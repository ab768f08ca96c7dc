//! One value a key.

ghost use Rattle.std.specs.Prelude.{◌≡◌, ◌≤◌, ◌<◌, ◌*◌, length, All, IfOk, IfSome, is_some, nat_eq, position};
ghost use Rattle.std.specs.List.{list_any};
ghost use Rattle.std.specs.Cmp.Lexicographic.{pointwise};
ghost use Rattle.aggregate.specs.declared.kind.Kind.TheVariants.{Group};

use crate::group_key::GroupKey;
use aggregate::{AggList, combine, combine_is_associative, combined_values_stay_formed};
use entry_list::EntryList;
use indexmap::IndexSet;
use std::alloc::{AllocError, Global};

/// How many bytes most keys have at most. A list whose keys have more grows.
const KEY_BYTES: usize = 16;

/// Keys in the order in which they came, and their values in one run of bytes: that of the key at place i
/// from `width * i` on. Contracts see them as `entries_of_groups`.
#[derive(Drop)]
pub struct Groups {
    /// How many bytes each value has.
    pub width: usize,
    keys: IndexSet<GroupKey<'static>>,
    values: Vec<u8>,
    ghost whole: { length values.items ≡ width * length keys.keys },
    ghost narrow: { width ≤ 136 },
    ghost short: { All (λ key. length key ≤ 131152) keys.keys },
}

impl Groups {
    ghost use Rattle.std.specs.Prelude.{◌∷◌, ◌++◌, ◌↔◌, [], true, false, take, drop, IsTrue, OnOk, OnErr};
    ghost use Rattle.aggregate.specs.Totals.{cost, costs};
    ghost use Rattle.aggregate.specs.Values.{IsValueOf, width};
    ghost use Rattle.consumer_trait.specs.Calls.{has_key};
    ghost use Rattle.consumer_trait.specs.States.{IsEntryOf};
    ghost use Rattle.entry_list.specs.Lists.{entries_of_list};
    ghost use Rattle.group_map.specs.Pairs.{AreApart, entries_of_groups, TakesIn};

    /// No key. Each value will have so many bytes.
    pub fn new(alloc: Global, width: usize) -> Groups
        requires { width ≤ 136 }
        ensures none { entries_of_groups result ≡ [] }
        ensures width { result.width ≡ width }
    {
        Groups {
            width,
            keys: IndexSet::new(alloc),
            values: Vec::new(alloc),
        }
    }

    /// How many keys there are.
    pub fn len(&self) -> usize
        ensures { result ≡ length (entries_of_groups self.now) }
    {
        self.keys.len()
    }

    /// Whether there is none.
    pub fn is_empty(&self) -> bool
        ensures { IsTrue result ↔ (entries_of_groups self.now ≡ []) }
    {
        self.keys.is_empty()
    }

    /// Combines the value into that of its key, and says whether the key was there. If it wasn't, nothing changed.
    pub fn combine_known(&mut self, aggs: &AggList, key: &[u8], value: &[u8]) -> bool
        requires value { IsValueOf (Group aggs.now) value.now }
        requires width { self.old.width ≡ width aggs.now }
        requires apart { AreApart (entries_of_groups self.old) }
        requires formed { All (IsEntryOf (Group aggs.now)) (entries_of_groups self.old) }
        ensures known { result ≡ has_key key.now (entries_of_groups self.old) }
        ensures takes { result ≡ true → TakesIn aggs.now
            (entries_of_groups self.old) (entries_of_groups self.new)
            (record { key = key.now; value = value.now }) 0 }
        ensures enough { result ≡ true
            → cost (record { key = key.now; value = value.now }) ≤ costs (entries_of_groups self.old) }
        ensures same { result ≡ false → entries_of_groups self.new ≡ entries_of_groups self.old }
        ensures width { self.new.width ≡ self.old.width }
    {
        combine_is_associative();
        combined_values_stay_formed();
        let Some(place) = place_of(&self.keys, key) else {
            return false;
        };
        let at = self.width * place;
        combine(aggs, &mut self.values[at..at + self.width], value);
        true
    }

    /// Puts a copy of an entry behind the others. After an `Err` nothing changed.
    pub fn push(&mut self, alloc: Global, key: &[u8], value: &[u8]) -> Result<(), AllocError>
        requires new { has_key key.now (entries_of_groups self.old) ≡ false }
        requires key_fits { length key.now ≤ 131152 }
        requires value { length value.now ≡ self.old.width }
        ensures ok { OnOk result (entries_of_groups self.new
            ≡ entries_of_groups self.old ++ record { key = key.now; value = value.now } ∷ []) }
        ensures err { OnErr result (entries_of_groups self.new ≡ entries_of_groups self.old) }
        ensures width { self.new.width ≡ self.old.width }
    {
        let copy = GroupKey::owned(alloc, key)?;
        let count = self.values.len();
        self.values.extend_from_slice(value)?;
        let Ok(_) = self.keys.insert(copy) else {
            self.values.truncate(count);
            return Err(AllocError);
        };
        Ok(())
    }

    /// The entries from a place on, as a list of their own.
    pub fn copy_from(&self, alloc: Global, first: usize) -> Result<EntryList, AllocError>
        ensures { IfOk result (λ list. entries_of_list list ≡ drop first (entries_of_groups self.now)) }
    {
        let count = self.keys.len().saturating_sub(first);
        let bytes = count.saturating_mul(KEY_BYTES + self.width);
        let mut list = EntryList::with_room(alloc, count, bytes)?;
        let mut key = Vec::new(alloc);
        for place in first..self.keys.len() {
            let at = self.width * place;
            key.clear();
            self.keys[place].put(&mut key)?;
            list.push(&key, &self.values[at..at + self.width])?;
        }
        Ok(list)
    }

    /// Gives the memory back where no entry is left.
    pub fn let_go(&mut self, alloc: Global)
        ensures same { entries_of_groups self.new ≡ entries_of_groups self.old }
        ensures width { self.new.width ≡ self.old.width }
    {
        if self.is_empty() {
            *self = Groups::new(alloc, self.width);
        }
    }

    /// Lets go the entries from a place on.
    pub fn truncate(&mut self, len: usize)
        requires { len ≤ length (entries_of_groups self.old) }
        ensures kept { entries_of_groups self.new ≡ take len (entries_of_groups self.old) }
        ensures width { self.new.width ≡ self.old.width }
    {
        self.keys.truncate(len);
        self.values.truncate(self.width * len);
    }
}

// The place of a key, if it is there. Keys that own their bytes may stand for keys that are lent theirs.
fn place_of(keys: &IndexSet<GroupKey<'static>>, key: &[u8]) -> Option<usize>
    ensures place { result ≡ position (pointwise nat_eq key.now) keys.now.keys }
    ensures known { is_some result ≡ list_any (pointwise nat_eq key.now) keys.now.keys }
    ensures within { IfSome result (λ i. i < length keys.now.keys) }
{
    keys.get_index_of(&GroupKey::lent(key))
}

### PROBLEM STATEMENT
All of the data needs to be reproduced exactly, with no line missing.

### EXPECTED ANSWER
repository ab768f08ca96c7dc
//! One value a key.

ghost use Rattle.std.specs.Prelude.{◌≡◌, ◌≤◌, ◌<◌, ◌*◌, length, All, IfOk, IfSome, is_some, nat_eq, position};
ghost use Rattle.std.specs.List.{list_any};
ghost use Rattle.std.specs.Cmp.Lexicographic.{pointwise};
ghost use Rattle.aggregate.specs.declared.kind.Kind.TheVariants.{Group};

use crate::group_key::GroupKey;
use aggregate::{AggList, combine, combine_is_associative, combined_values_stay_formed};
use entry_list::EntryList;
use indexmap::IndexSet;
use std::alloc::{AllocError, Global};

/// How many bytes most keys have at most. A list whose keys have more grows.
const KEY_BYTES: usize = 16;

/// Keys in the order in which they came, and their values in one run of bytes: that of the key at place i
/// from `width * i` on. Contracts see them as `entries_of_groups`.
#[derive(Drop)]
pub struct Groups {
    /// How many bytes each value has.
    pub width: usize,
    keys: IndexSet<GroupKey<'static>>,
    values: Vec<u8>,
    ghost whole: { length values.items ≡ width * length keys.keys },
    ghost narrow: { width ≤ 136 },
    ghost short: { All (λ key. length key ≤ 131152) keys.keys },
}

impl Groups {
    ghost use Rattle.std.specs.Prelude.{◌∷◌, ◌++◌, ◌↔◌, [], true, false, take, drop, IsTrue, OnOk, OnErr};
    ghost use Rattle.aggregate.specs.Totals.{cost, costs};
    ghost use Rattle.aggregate.specs.Values.{IsValueOf, width};
    ghost use Rattle.consumer_trait.specs.Calls.{has_key};
    ghost use Rattle.consumer_trait.specs.States.{IsEntryOf};
    ghost use Rattle.entry_list.specs.Lists.{entries_of_list};
    ghost use Rattle.group_map.specs.Pairs.{AreApart, entries_of_groups, TakesIn};

    /// No key. Each value will have so many bytes.
    pub fn new(alloc: Global, width: usize) -> Groups
        requires { width ≤ 136 }
        ensures none { entries_of_groups result ≡ [] }
        ensures width { result.width ≡ width }
    {
        Groups {
            width,
            keys: IndexSet::new(alloc),
            values: Vec::new(alloc),
        }
    }

    /// How many keys there are.
    pub fn len(&self) -> usize
        ensures { result ≡ length (entries_of_groups self.now) }
    {
        self.keys.len()
    }

    /// Whether there is none.
    pub fn is_empty(&self) -> bool
        ensures { IsTrue result ↔ (entries_of_groups self.now ≡ []) }
    {
        self.keys.is_empty()
    }

    /// Combines the value into that of its key, and says whether the key was there. If it wasn't, nothing changed.
    pub fn combine_known(&mut self, aggs: &AggList, key: &[u8], value: &[u8]) -> bool
        requires value { IsValueOf (Group aggs.now) value.now }
        requires width { self.old.width ≡ width aggs.now }
        requires apart { AreApart (entries_of_groups self.old) }
        requires formed { All (IsEntryOf (Group aggs.now)) (entries_of_groups self.old) }
        ensures known { result ≡ has_key key.now (entries_of_groups self.old) }
        ensures takes { result ≡ true → TakesIn aggs.now
            (entries_of_groups self.old) (entries_of_groups self.new)
            (record { key = key.now; value = value.now }) 0 }
        ensures enough { result ≡ true
            → cost (record { key = key.now; value = value.now }) ≤ costs (entries_of_groups self.old) }
        ensures same { result ≡ false → entries_of_groups self.new ≡ entries_of_groups self.old }
        ensures width { self.new.width ≡ self.old.width }
    {
        combine_is_associative();
        combined_values_stay_formed();
        let Some(place) = place_of(&self.keys, key) else {
            return false;
        };
        let at = self.width * place;
        combine(aggs, &mut self.values[at..at + self.width], value);
        true
    }

    /// Puts a copy of an entry behind the others. After an `Err` nothing changed.
    pub fn push(&mut self, alloc: Global, key: &[u8], value: &[u8]) -> Result<(), AllocError>
        requires new { has_key key.now (entries_of_groups self.old) ≡ false }
        requires key_fits { length key.now ≤ 131152 }
        requires value { length value.now ≡ self.old.width }
        ensures ok { OnOk result (entries_of_groups self.new
            ≡ entries_of_groups self.old ++ record { key = key.now; value = value.now } ∷ []) }
        ensures err { OnErr result (entries_of_groups self.new ≡ entries_of_groups self.old) }
        ensures width { self.new.width ≡ self.old.width }
    {
        let copy = GroupKey::owned(alloc, key)?;
        let count = self.values.len();
        self.values.extend_from_slice(value)?;
        let Ok(_) = self.keys.insert(copy) else {
            self.values.truncate(count);
            return Err(AllocError);
        };
        Ok(())
    }

    /// The entries from a place on, as a list of their own.
    pub fn copy_from(&self, alloc: Global, first: usize) -> Result<EntryList, AllocError>
        ensures { IfOk result (λ list. entries_of_list list ≡ drop first (entries_of_groups self.now)) }
    {
        let count = self.keys.len().saturating_sub(first);
        let bytes = count.saturating_mul(KEY_BYTES + self.width);
        let mut list = EntryList::with_room(alloc, count, bytes)?;
        let mut key = Vec::new(alloc);
        for place in first..self.keys.len() {
            let at = self.width * place;
            key.clear();
            self.keys[place].put(&mut key)?;
            list.push(&key, &self.values[at..at + self.width])?;
        }
        Ok(list)
    }

    /// Gives the memory back where no entry is left.
    pub fn let_go(&mut self, alloc: Global)
        ensures same { entries_of_groups self.new ≡ entries_of_groups self.old }
        ensures width { self.new.width ≡ self.old.width }
    {
        if self.is_empty() {
            *self = Groups::new(alloc, self.width);
        }
    }

    /// Lets go the entries from a place on.
    pub fn truncate(&mut self, len: usize)
        requires { len ≤ length (entries_of_groups self.old) }
        ensures kept { entries_of_groups self.new ≡ take len (entries_of_groups self.old) }
        ensures width { self.new.width ≡ self.old.width }
    {
        self.keys.truncate(len);
        self.values.truncate(self.width * len);
    }
}

// The place of a key, if it is there. Keys that own their bytes may stand for keys that are lent theirs.
fn place_of(keys: &IndexSet<GroupKey<'static>>, key: &[u8]) -> Option<usize>
    ensures place { result ≡ position (pointwise nat_eq key.now) keys.now.keys }
    ensures known { is_some result ≡ list_any (pointwise nat_eq key.now) keys.now.keys }
    ensures within { IfSome result (λ i. i < length keys.now.keys) }
{
    keys.get_index_of(&GroupKey::lent(key))
}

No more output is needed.